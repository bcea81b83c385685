// The C face: the four calls on the bytes of files, with the numbers of the answer in a lent row.
#![tactic(auto)]

ghost use Rattle.std.specs.Prelude.{◌≡◌, length};
ghost use Rattle.meaning.specs.Room.{cleared};
ghost use Rattle.meaning.specs.Answer.{result_after, write_answer, run_answer, check_answer, refine_answer};
ghost use Rattle.answer.specs.Meant.{answer_of};
ghost use Rattle.yellopard.specs.Calls.{row_after, Told};

use answer::{Answer, Done, Refused};
use sheet::write;
use tick::run;
use yellopard::{check, refine};

// Numbers at the front of a row, as many as it has places for; how many there are.
#[tactic(auto, using(crate::proofs::Row::front_after))]
fn put(numbers: &[u64], row: &mut [u64]) -> usize
    ensures value { result ≡ length numbers.now }
    ensures row_after { row.new ≡ row_after numbers.now row.old }
{
    let places = numbers.len().min(row.len());
    row[..places].copy_from_slice(&numbers[..places]);
    numbers.len()
}

// The numbers of an answer, at the front of a row; how many the answer has. Casts, since there is no From<usize> for u64.
#[tactic(auto, unfolding(answer::specs::Meant::answer_of, answer::specs::Meant::done_of, meaning::specs::Answer::row_of))]
fn tell(answer: Answer, row: &mut [u64]) -> usize
    ensures { Told (answer_of answer) row.old row.new result }
{
    match answer {
        Ok(Done::Equivalent(rounds, nodes)) => put(&[0, 0, 0, rounds as u64, nodes as u64], row),
        Ok(Done::Undecided(why, i, rounds, nodes)) => {
            let reason = u64::from(u8::from(why));
            put(&[1, reason, i as u64, rounds as u64, nodes as u64], row)
        }
        Ok(Done::Wrote(length)) => put(&[length as u64], row),
        Err(Refused { refusal, file, at }) => {
            let what = u64::from(u8::from(refusal));
            let place = u64::from(u8::from(file));
            put(&[what, place, at as u64], row)
        }
    }
}

#[unsafe(no_mangle)]
pub extern "C" fn yellopard_write(a: &[u8], res: &mut [u8], row: &mut [u64]) -> usize
    ensures told { Told (write_answer a.now (length res.old)).answer row.old row.new result }
    ensures res_after { res.new ≡ result_after (write_answer a.now (length res.old)) res.old }
{
    tell(write(a, res), row)
}

#[unsafe(no_mangle)]
pub extern "C" fn yellopard_run(a: &[u8], vectors: &[u8], res: &mut [u16], row: &mut [u64]) -> usize
    ensures told { Told (run_answer a.now vectors.now (length res.old)).answer row.old row.new result }
    ensures res_after { res.new ≡ result_after (run_answer a.now vectors.now (length res.old)) res.old }
{
    tell(run(a, vectors, res), row)
}

#[unsafe(no_mangle)]
pub extern "C" fn yellopard_check(
    a: &[u8],
    b: &[u8],
    p: &[u8],
    table: &mut [u16],
    row: &mut [u64],
) -> usize
    ensures told { Told (check_answer a.now b.now p.now (length table.old)).answer row.old row.new result }
    ensures table_after { table.new ≡ cleared table.old }
{
    tell(check(table, a, b, p), row)
}

#[unsafe(no_mangle)]
pub extern "C" fn yellopard_refine(
    a: &[u8],
    b: &[u8],
    p: &[u8],
    table: &mut [u16],
    res: &mut [u8],
    row: &mut [u64],
) -> usize
    ensures told { Told (refine_answer a.now b.now p.now (length table.old) (length res.old)).answer row.old row.new result }
    ensures table_after { table.new ≡ cleared table.old }
    ensures res_after { res.new ≡ result_after (refine_answer a.now b.now p.now (length table.old) (length res.old)) res.old }
{
    tell(refine(table, a, b, p, res), row)
}
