//! The rows of a net: nodes, edges and cells.

ghost use Rattle.std.specs.Prelude.{◌≡◌};

/// A node as a caller holds it: its coordinates are in ticks.
#[repr(C)]
#[derive(Clone, Copy, Debug, PartialEq, Eq)]
pub struct Node {
    pub layer: u16,
    pub component: u32,
    pub x: i64,
    pub y: i64,
}

/// A node in the coordinates of a table's cells, which are never negative.
#[derive(Clone, Copy, Debug, PartialEq, Eq)]
pub struct MeshNode {
    pub layer: u16,
    pub component: u32,
    pub x: u64,
    pub y: u64,
}

/// Two nodes by number, and the conductance between them.
#[repr(C)]
#[derive(Clone, Copy, Debug, PartialEq)]
pub struct Edge {
    pub from: usize,
    pub to: usize,
    pub conductance: f64,
}

/// The nodes at a cell's corners, by number.
#[repr(C)]
#[derive(Clone, Copy, Debug, PartialEq, Eq)]
pub struct Corners {
    pub southwest: usize,
    pub southeast: usize,
    pub northeast: usize,
    pub northwest: usize,
}

/// A cell: its corners, and its polygon's sheet resistance.
#[repr(C)]
#[derive(Clone, Copy, Debug, PartialEq)]
pub struct NetCell {
    pub corners: Corners,
    pub sheet: f64,
}

/// The rows of a net as a caller lends them. Nothing is known of them but their types.
#[derive(Clone, Copy)]
pub struct NetRows<'a> {
    pub nodes: &'a [Node],
    pub edges: &'a [Edge],
    pub cells: &'a [NetCell],
}

/// Layer and component of each polygon.
#[derive(Clone, Copy)]
pub struct Polygons<'a> {
    pub layers: &'a [u16],
    pub components: &'a [u32],
}

impl Node {
    ghost use Rattle.net_rows.specs.Nodes.{in_mesh};

    /// The node in a table's coordinates. One out of range is taken for the nearest in range.
    #[inline(always)]
    pub fn in_mesh(self) -> MeshNode
        ensures { result ≡ in_mesh self }
    {
        MeshNode {
            layer: self.layer,
            component: self.component,
            x: cell::ticks::offset(self.x),
            y: cell::ticks::offset(self.y),
        }
    }
}

impl MeshNode {
    ghost use Rattle.net_rows.specs.Nodes.{in_ticks};

    /// The node as a caller holds it.
    #[inline(always)]
    pub fn in_ticks(self) -> Node
        ensures { result ≡ in_ticks self }
    {
        Node {
            layer: self.layer,
            component: self.component,
            x: cell::ticks::ticks(self.x),
            y: cell::ticks::ticks(self.y),
        }
    }
}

______

*WORK INSTRUCTION:* Nothing in the records should differ from the original when you retype them.

*RESULT OF THE TASK:*
repository bcea81b83c385685
// The C face: the four calls on the bytes of files, with the numbers of the answer in a lent row.
#![tactic(auto)]

ghost use Rattle.std.specs.Prelude.{◌≡◌, length};
ghost use Rattle.meaning.specs.Room.{cleared};
ghost use Rattle.meaning.specs.Answer.{result_after, write_answer, run_answer, check_answer, refine_answer};
ghost use Rattle.answer.specs.Meant.{answer_of};
ghost use Rattle.yellopard.specs.Calls.{row_after, Told};

use answer::{Answer, Done, Refused};
use sheet::write;
use tick::run;
use yellopard::{check, refine};

// Numbers at the front of a row, as many as it has places for; how many there are.
#[tactic(auto, using(crate::proofs::Row::front_after))]
fn put(numbers: &[u64], row: &mut [u64]) -> usize
    ensures value { result ≡ length numbers.now }
    ensures row_after { row.new ≡ row_after numbers.now row.old }
{
    let places = numbers.len().min(row.len());
    row[..places].copy_from_slice(&numbers[..places]);
    numbers.len()
}

// The numbers of an answer, at the front of a row; how many the answer has. Casts, since there is no From<usize> for u64.
#[tactic(auto, unfolding(answer::specs::Meant::answer_of, answer::specs::Meant::done_of, meaning::specs::Answer::row_of))]
fn tell(answer: Answer, row: &mut [u64]) -> usize
    ensures { Told (answer_of answer) row.old row.new result }
{
    match answer {
        Ok(Done::Equivalent(rounds, nodes)) => put(&[0, 0, 0, rounds as u64, nodes as u64], row),
        Ok(Done::Undecided(why, i, rounds, nodes)) => {
            let reason = u64::from(u8::from(why));
            put(&[1, reason, i as u64, rounds as u64, nodes as u64], row)
        }
        Ok(Done::Wrote(length)) => put(&[length as u64], row),
        Err(Refused { refusal, file, at }) => {
            let what = u64::from(u8::from(refusal));
            let place = u64::from(u8::from(file));
            put(&[what, place, at as u64], row)
        }
    }
}

#[unsafe(no_mangle)]
pub extern "C" fn yellopard_write(a: &[u8], res: &mut [u8], row: &mut [u64]) -> usize
    ensures told { Told (write_answer a.now (length res.old)).answer row.old row.new result }
    ensures res_after { res.new ≡ result_after (write_answer a.now (length res.old)) res.old }
{
    tell(write(a, res), row)
}

#[unsafe(no_mangle)]
pub extern "C" fn yellopard_run(a: &[u8], vectors: &[u8], res: &mut [u16], row: &mut [u64]) -> usize
    ensures told { Told (run_answer a.now vectors.now (length res.old)).answer row.old row.new result }
    ensures res_after { res.new ≡ result_after (run_answer a.now vectors.now (length res.old)) res.old }
{
    tell(run(a, vectors, res), row)
}

#[unsafe(no_mangle)]
pub extern "C" fn yellopard_check(
    a: &[u8],
    b: &[u8],
    p: &[u8],
    table: &mut [u16],
    row: &mut [u64],
) -> usize
    ensures told { Told (check_answer a.now b.now p.now (length table.old)).answer row.old row.new result }
    ensures table_after { table.new ≡ cleared table.old }
{
    tell(check(table, a, b, p), row)
}

#[unsafe(no_mangle)]
pub extern "C" fn yellopard_refine(
    a: &[u8],
    b: &[u8],
    p: &[u8],
    table: &mut [u16],
    res: &mut [u8],
    row: &mut [u64],
) -> usize
    ensures told { Told (refine_answer a.now b.now p.now (length table.old) (length res.old)).answer row.old row.new result }
    ensures table_after { table.new ≡ cleared table.old }
    ensures res_after { res.new ≡ result_after (refine_answer a.now b.now p.now (length table.old) (length res.old)) res.old }
{
    tell(refine(table, a, b, p, res), row)
}
//! The rows of a net: nodes, edges and cells.

ghost use Rattle.std.specs.Prelude.{◌≡◌};

/// A node as a caller holds it: its coordinates are in ticks.
#[repr(C)]
#[derive(Clone, Copy, Debug, PartialEq, Eq)]
pub struct Node {
    pub layer: u16,
    pub component: u32,
    pub x: i64,
    pub y: i64,
}

/// A node in the coordinates of a table's cells, which are never negative.
#[derive(Clone, Copy, Debug, PartialEq, Eq)]
pub struct MeshNode {
    pub layer: u16,
    pub component: u32,
    pub x: u64,
    pub y: u64,
}

/// Two nodes by number, and the conductance between them.
#[repr(C)]
#[derive(Clone, Copy, Debug, PartialEq)]
pub struct Edge {
    pub from: usize,
    pub to: usize,
    pub conductance: f64,
}

/// The nodes at a cell's corners, by number.
#[repr(C)]
#[derive(Clone, Copy, Debug, PartialEq, Eq)]
pub struct Corners {
    pub southwest: usize,
    pub southeast: usize,
    pub northeast: usize,
    pub northwest: usize,
}

/// A cell: its corners, and its polygon's sheet resistance.
#[repr(C)]
#[derive(Clone, Copy, Debug, PartialEq)]
pub struct NetCell {
    pub corners: Corners,
    pub sheet: f64,
}

/// The rows of a net as a caller lends them. Nothing is known of them but their types.
#[derive(Clone, Copy)]
pub struct NetRows<'a> {
    pub nodes: &'a [Node],
    pub edges: &'a [Edge],
    pub cells: &'a [NetCell],
}

/// Layer and component of each polygon.
#[derive(Clone, Copy)]
pub struct Polygons<'a> {
    pub layers: &'a [u16],
    pub components: &'a [u32],
}

impl Node {
    ghost use Rattle.net_rows.specs.Nodes.{in_mesh};

    /// The node in a table's coordinates. One out of range is taken for the nearest in range.
    #[inline(always)]
    pub fn in_mesh(self) -> MeshNode
        ensures { result ≡ in_mesh self }
    {
        MeshNode {
            layer: self.layer,
            component: self.component,
            x: cell::ticks::offset(self.x),
            y: cell::ticks::offset(self.y),
        }
    }
}

impl MeshNode {
    ghost use Rattle.net_rows.specs.Nodes.{in_ticks};

    /// The node as a caller holds it.
    #[inline(always)]
    pub fn in_ticks(self) -> Node
        ensures { result ≡ in_ticks self }
    {
        Node {
            layer: self.layer,
            component: self.component,
            x: cell::ticks::ticks(self.x),
            y: cell::ticks::ticks(self.y),
        }
    }
}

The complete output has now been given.